Sharpe snatched off his hat. “Did you write to Sir Thomas?”

“I did.” Lord Pumphrey had promised to write a note requesting that Sharpe’s riflemen be kept on the Isla de León rather than be put on a ship heading north to Lisbon. The wind had gone southerly during the day and some ships had already headed north.

“I’ll fetch my men tonight,” Sharpe said.

“They’ll have to be quartered in the stables,” Pumphrey said, “and pretend to be embassy servants. We are going to the crossing.”

“The crossing?”

“The place where the transept crosses the nave. There’s a crypt beneath it.”

“Where Plummer died?”

“Where Plummer died. Isn’t that what you wanted to see?”

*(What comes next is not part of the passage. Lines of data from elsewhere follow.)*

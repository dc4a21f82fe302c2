ghost use Rattle.std.specs.Prelude.{◌≡◌};
ghost use Rattle.od_sync.specs.Comparing.{is_same, is_same_entry, is_same_node};

use crate::scanning::Node;
use gd_item::{Item, Kind};
use gd_names::Path;

fn is_same_node(node: Node, kind: Kind) -> bool
    ensures { result ≡ is_same_node node kind }
{
    match (node, kind) {
        (Node::Folder, Kind::Folder { .. }) => true,
        (Node::File(digest), Kind::File { digest: other }) => digest == other,
        _ => false,
    }
}

fn is_same_entry(local: &(Path, Node), remote: &(Path, Item)) -> bool
    ensures { result ≡ is_same_entry local.now remote.now }
{
    local.0 == remote.0 && is_same_node(local.1, remote.1.kind)
}

/// Whether the entries of a scan are those that the drive shows, both in order of path.
pub fn is_same(local: &[(Path, Node)], remote: &[(Path, Item)]) -> bool
    ensures { result ≡ is_same local.now remote.now }
{
    let mut ours = local;
    let mut theirs = remote;
    while let [a, more @ ..] = ours {
        let [b, others @ ..] = theirs else {
            return false;
        };
        if !is_same_entry(a, b) {
            return false;
        }
        ours = more;
        theirs = others;
    }
    theirs.is_empty()
}
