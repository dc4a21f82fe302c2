ghost use Rattle.std.specs.Prelude.{◌≡◌, ◌<◌, ◌≤◌, ℕ, List, [], ◌∷◌, Some, cond, filter, take, length, sum_by, IfOk, OnOk};
ghost use Rattle.std.specs.List.{All, AllZip};
ghost use Rattle.std.specs.Option.{option_copied, option_to_list};
ghost use Rattle.gd_item.specs.Records.{digest_record};
ghost use Rattle.od_sync.specs.Doing.{AreRowsOf, GivesRows, IsBroughtTo, IsFetchFit, IsFileAt, IsFolderOf, Makes, MakesAll, NoFile, NoFolder, PlacesAll, PlacesThese, is_below_any, is_tried, most_bytes, most_jobs, placed_row};
ghost use Rattle.od_sync.specs.Making.{MakesNext, MakesOne, PlacesFetched, PlacesOne, bytes_of};
ghost use Rattle.od_sync.specs.Scans.{HasFolderCause};
ghost use Rattle.od_tree.specs.Undisturbed.{Undisturbed};

use crate::agreeing::push_if_some;
use crate::planning::Fetching;
use crate::scanning::FolderFault;
use gd_names::{Bytes, List, Path};
use od_keeper::{Agreed, BaseRow};
use od_transfer::Outcome;
use od_tree::{Tree, TreeFault};
use std::alloc::{AllocError, Global};

/// How many bytes a file has at most that is fetched, which is also how many the files of a batch have together.
const MOST_BYTES: u64 = 67_108_864;

/// How many files a batch has at most.
const MOST_JOBS: usize = 16;

/// Whether a path is one of some paths or below one.
fn is_below_any(tops: &[Path], path: &Path) -> bool
    ensures { result ≡ is_below_any tops.now path.now }
{
    for top in tops {
        if path.names().starts_with(top.names()) {
            return true;
        }
    }
    false
}

/// Makes a folder, and says whether it could be made.
fn make_folder<T: Tree>(tree: &mut T, folder: &Path) -> Result<bool, FolderFault>
    requires { 0 < length folder.now }
    ensures log { Makes (IsFolderOf (folder.now ∷ [])) NoFile (T.log tree.old) (T.log tree.new) }
    ensures made { IfOk result (λ made. MakesOne folder.now (T.log tree.old) (T.log tree.new) made) }
    ensures cause { HasFolderCause (T.faults tree.old) (T.faults tree.new) result }
    ensures undisturbed { Undisturbed (T.undisturbed tree.old) (T.undisturbed tree.new) (T.faults tree.old) (T.faults tree.new) (T.log tree.old) (T.log tree.new) }
{
    match tree.make_dir(folder) {
        Ok(()) => Ok(true),
        Err(TreeFault::Taken) => Ok(false),
        Err(TreeFault::Missing) => Ok(false),
        Err(TreeFault::NotEmpty) => unreachable!(),
        Err(TreeFault::Failed) => Err(FolderFault::Failed),
        Err(TreeFault::Memory) => Err(FolderFault::Memory),
    }
}

/// Makes a folder, unless it is below one that could not be made, and notes it if it cannot be made either.
fn make_next<T: Tree>(
    tree: &mut T,
    barred: &mut List<Path>,
    folder: &Path,
) -> Result<(), FolderFault>
    requires { 0 < length folder.now }
    ensures log { Makes (IsFolderOf (folder.now ∷ [])) NoFile (T.log tree.old) (T.log tree.new) }
    ensures made { OnOk result (MakesNext folder.now barred.old barred.new (T.log tree.old) (T.log tree.new)) }
    ensures cause { HasFolderCause (T.faults tree.old) (T.faults tree.new) result }
    ensures undisturbed { Undisturbed (T.undisturbed tree.old) (T.undisturbed tree.new) (T.faults tree.old) (T.faults tree.new) (T.log tree.old) (T.log tree.new) }
{
    if is_below_any(barred.as_slice(), folder) {
        return Ok(());
    }
    if !make_folder(tree, folder)? {
        barred.push(folder.clone()?)?;
    }
    Ok(())
}

/// Makes folders in their order, and gives those that could not be made. What is below one of these is left out.
pub fn make_folders<T: Tree>(
    alloc: Global,
    tree: &mut T,
    folders: &[Path],
) -> Result<List<Path>, FolderFault>
    requires { All (λ folder. 0 < length folder) folders.now }
    ensures log { Makes (IsFolderOf folders.now) NoFile (T.log tree.old) (T.log tree.new) }
    ensures made { IfOk result (λ barred. MakesAll folders.now (T.log tree.old) (T.log tree.new) barred) }
    ensures cause { HasFolderCause (T.faults tree.old) (T.faults tree.new) result }
    ensures undisturbed { Undisturbed (T.undisturbed tree.old) (T.undisturbed tree.new) (T.faults tree.old) (T.faults tree.new) (T.log tree.old) (T.log tree.new) }
{
    let mut barred = List::new(alloc);
    for folder in folders {
        make_next(tree, &mut barred, folder)?;
    }
    Ok(barred)
}

/// Places a file, and says whether it could be placed.
fn place_file<T: Tree>(tree: &mut T, path: &Path, bytes: &[u8]) -> Result<bool, FolderFault>
    requires { 0 < length path.now }
    ensures log { Makes NoFolder (IsFileAt path.now (Some bytes.now)) (T.log tree.old) (T.log tree.new) }
    ensures placed { IfOk result (λ placed. PlacesOne (path.now, bytes.now) (T.log tree.old) (T.log tree.new) placed) }
    ensures just { IfOk result (λ placed. PlacesThese (cond placed ((path.now, bytes.now) ∷ []) []) (T.log tree.old) (T.log tree.new)) }
    ensures cause { HasFolderCause (T.faults tree.old) (T.faults tree.new) result }
    ensures undisturbed { Undisturbed (T.undisturbed tree.old) (T.undisturbed tree.new) (T.faults tree.old) (T.faults tree.new) (T.log tree.old) (T.log tree.new) }
{
    match tree.place(path, bytes) {
        Ok(()) => Ok(true),
        Err(TreeFault::Taken) => Ok(false), // nothing is overwritten
        Err(TreeFault::Missing) => Ok(false),
        Err(TreeFault::NotEmpty) => unreachable!(),
        Err(TreeFault::Failed) => Err(FolderFault::Failed),
        Err(TreeFault::Memory) => Err(FolderFault::Memory),
    }
}

/// The row of a file that was placed.
fn placed_row(fetch: &Fetching) -> Result<BaseRow, AllocError>
    ensures { IfOk result (λ row. row ≡ placed_row fetch.now) }
{
    Ok(BaseRow {
        path: fetch.path.clone()?,
        what: Agreed::File(fetch.digest),
        flight: None,
    })
}

/// The bytes that came of a job, if any came.
fn bytes_of(outcome: &Outcome) -> Option<&Bytes>
    ensures { option_copied result ≡ bytes_of outcome.now }
{
    match outcome {
        Outcome::Fetched(bytes) => Some(bytes),
        Outcome::Changed => None,
        Outcome::Refused(_) => None,
        Outcome::Lost => None,
    }
}

/// Places the bytes of a fetch, if bytes came, and gives the row if they could be placed.
fn place_fetched<T: Tree>(
    tree: &mut T,
    fetch: &Fetching,
    fetched: Option<&Bytes>,
) -> Result<Option<BaseRow>, FolderFault>
    requires below { 0 < length fetch.now.path }
    requires fit { (bytes : List ℕ) → option_copied fetched ≡ Some bytes → digest_record bytes ≡ fetch.now.digest }
    ensures log { Makes NoFolder (IsFileAt fetch.now.path (option_copied fetched.entry)) (T.log tree.old) (T.log tree.new) }
    ensures placed { OnOk result (PlacesFetched fetch.now (option_copied fetched.entry) (T.log tree.old) (T.log tree.new)) }
    ensures rows { IfOk result (λ row. GivesRows (option_to_list row) (T.log tree.old) (T.log tree.new)) }
    ensures accepted { IfOk result (λ row. AreRowsOf (fetch.now ∷ []) (option_to_list row)) }
    ensures cause { HasFolderCause (T.faults tree.old) (T.faults tree.new) result }
    ensures undisturbed { Undisturbed (T.undisturbed tree.old) (T.undisturbed tree.new) (T.faults tree.old) (T.faults tree.new) (T.log tree.old) (T.log tree.new) }
{
    match fetched {
        Some(bytes) => {
            if place_file(tree, &fetch.path, bytes.as_slice())? {
                Ok(Some(placed_row(fetch)?))
            } else {
                Ok(None)
            }
        }
        None => Ok(None),
    }
}

/// Places the files of a batch that were fetched, and gives the rows of those that could be placed.
pub fn place_files<T: Tree>(
    alloc: Global,
    tree: &mut T,
    batch: &[Fetching],
    outcomes: &[Outcome],
) -> Result<List<BaseRow>, FolderFault>
    requires same { length batch.now ≡ length outcomes.now }
    requires below { All (λ fetch. 0 < length fetch.path) batch.now }
    requires fits { AllZip IsFetchFit batch.now outcomes.now }
    ensures log { Makes NoFolder (IsBroughtTo batch.now outcomes.now) (T.log tree.old) (T.log tree.new) }
    ensures placed { OnOk result (PlacesAll batch.now outcomes.now (T.log tree.old) (T.log tree.new)) }
    ensures rows { IfOk result (λ rows. GivesRows rows (T.log tree.old) (T.log tree.new)) }
    ensures accepted { IfOk result (λ rows. AreRowsOf batch.now rows) }
    ensures cause { HasFolderCause (T.faults tree.old) (T.faults tree.new) result }
    ensures undisturbed { Undisturbed (T.undisturbed tree.old) (T.undisturbed tree.new) (T.faults tree.old) (T.faults tree.new) (T.log tree.old) (T.log tree.new) }
{
    let mut rows = List::new(alloc);
    for (at, fetch) in batch.iter().enumerate() {
        let row = place_fetched(tree, fetch, bytes_of(&outcomes[at]))?;
        push_if_some(&mut rows, row)?;
    }
    Ok(rows)
}

fn is_tried(barred: &[Path], fetch: &Fetching) -> bool
    ensures { result ≡ is_tried barred.now fetch.now }
{
    !is_below_any(barred, &fetch.path) && fetch.size <= MOST_BYTES && 0 < fetch.id.0
}

/// The fetches that are tried: those that are not below a folder that could not be made, not too large, and of an item
/// that can be asked for.
pub fn tried_fetches(fetches: List<Fetching>, barred: &[Path]) -> List<Fetching>
    ensures { result ≡ filter (is_tried barred.now) fetches }
{
    let mut tried = fetches.into_vec();
    tried.retain(|fetch| is_tried(barred, fetch));
    List::from_vec(tried)
}

/// How many of the first fetches go together.
pub fn batch_length(fetches: &[Fetching]) -> usize
    requires some { 0 < length fetches.now }
    requires light { All (λ fetch. fetch.size ≤ most_bytes) fetches.now }
    ensures some { 0 < result }
    ensures few { result ≤ most_jobs }
    ensures within { result ≤ length fetches.now }
    ensures light { sum_by (λ fetch. fetch.size) (take result fetches.now) ≤ most_bytes }
{
    let mut count = 0;
    let mut total = 0;
    while count < MOST_JOBS && count < fetches.len() {
        let size = fetches[count].size;
        if size > MOST_BYTES - total {
            return count;
        }
        total += size;
        count += 1;
    }
    count
}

The farther end of the cathedral was still unbuilt. A plain brick wall rose where, one day, the sanctuary and high altar would stand. The crossing, just in front of the plain wall, was an airy high space with soaring pillars at each corner. Above Sharpe now was the unfinished dome where a few men worked on scaffolding that climbed each cluster of pillars and then spread about the base of the dome. A makeshift crane was fixed high in the dome’s scaffolding and two men were hauling up a wooden platform loaded with masonry. “I thought you said they’d stopped building,” Sharpe said.

“I suppose they must do repairs,” Lord Pumphrey said airily. He led Sharpe past a pulpit behind which an archway had been built into one of the massive pillars. A flight of steps disappeared downward. “Captain Plummer met his end down there.” Lord Pumphrey gestured at the steps. “I try to feel sorrow at his passing, but I must say he was a most obnoxious man. You wish to descend?”

“Of course.”

“I very much doubt they will choose this place again,” His Lordship said.

“Depends what they want,” Sharpe said.

“Meaning?”

“If they want us dead then they’ll choose this place. It worked for them once, so why not use it again?” He led the way down the stairs and so emerged into an extraordinary chamber. It was circular with a low-domed ceiling. An altar lay at one end of the chamber. Three women knelt in front of the crucifix, beads busy in their fingers, staring up at the crucified Christ as Pumphrey tiptoed to the crypt’s center. Once there he put a finger to his lips and Sharpe assumed His Lordship was being reverent, but instead Pumphrey rapped his cane sharply on the floor and the sound echoed and reechoed. “Isn’t it amazing?” Lord Pumphrey asked. “Amazing,” the echo said, and then again, and again, and again. One of the women turned and scowled, but His Lordship just smiled at her and offered an elegant bow. “You can sing in harmony with yourself here,” Pumphrey said. “Would you like to try?”

Sharpe was more interested in the archways leading from the big chamber. There were five. The center one led to another chapel, which had an altar lit by candles, while the remaining four were dark caverns. He explored the nearest one and discovered a passage leading from it. The passage circled the big chamber, going from cavern to cavern. “Clever bastards, aren’t they?” he said to Lord Pumphrey who had followed him.

“Clever?”

“Plummer must have died in the middle of the big chamber, yes?”

“That’s where the blood was, certainly. You can still see it if you look carefully.”

“And the bastards must have been in these side chambers. And you can never tell which one they’re in because they can go around the passage. There’s only one reason for meeting in a place like this. It’s a killing ground. You’re negotiating with the bastards? You tell them to meet us in a public place, in daylight.”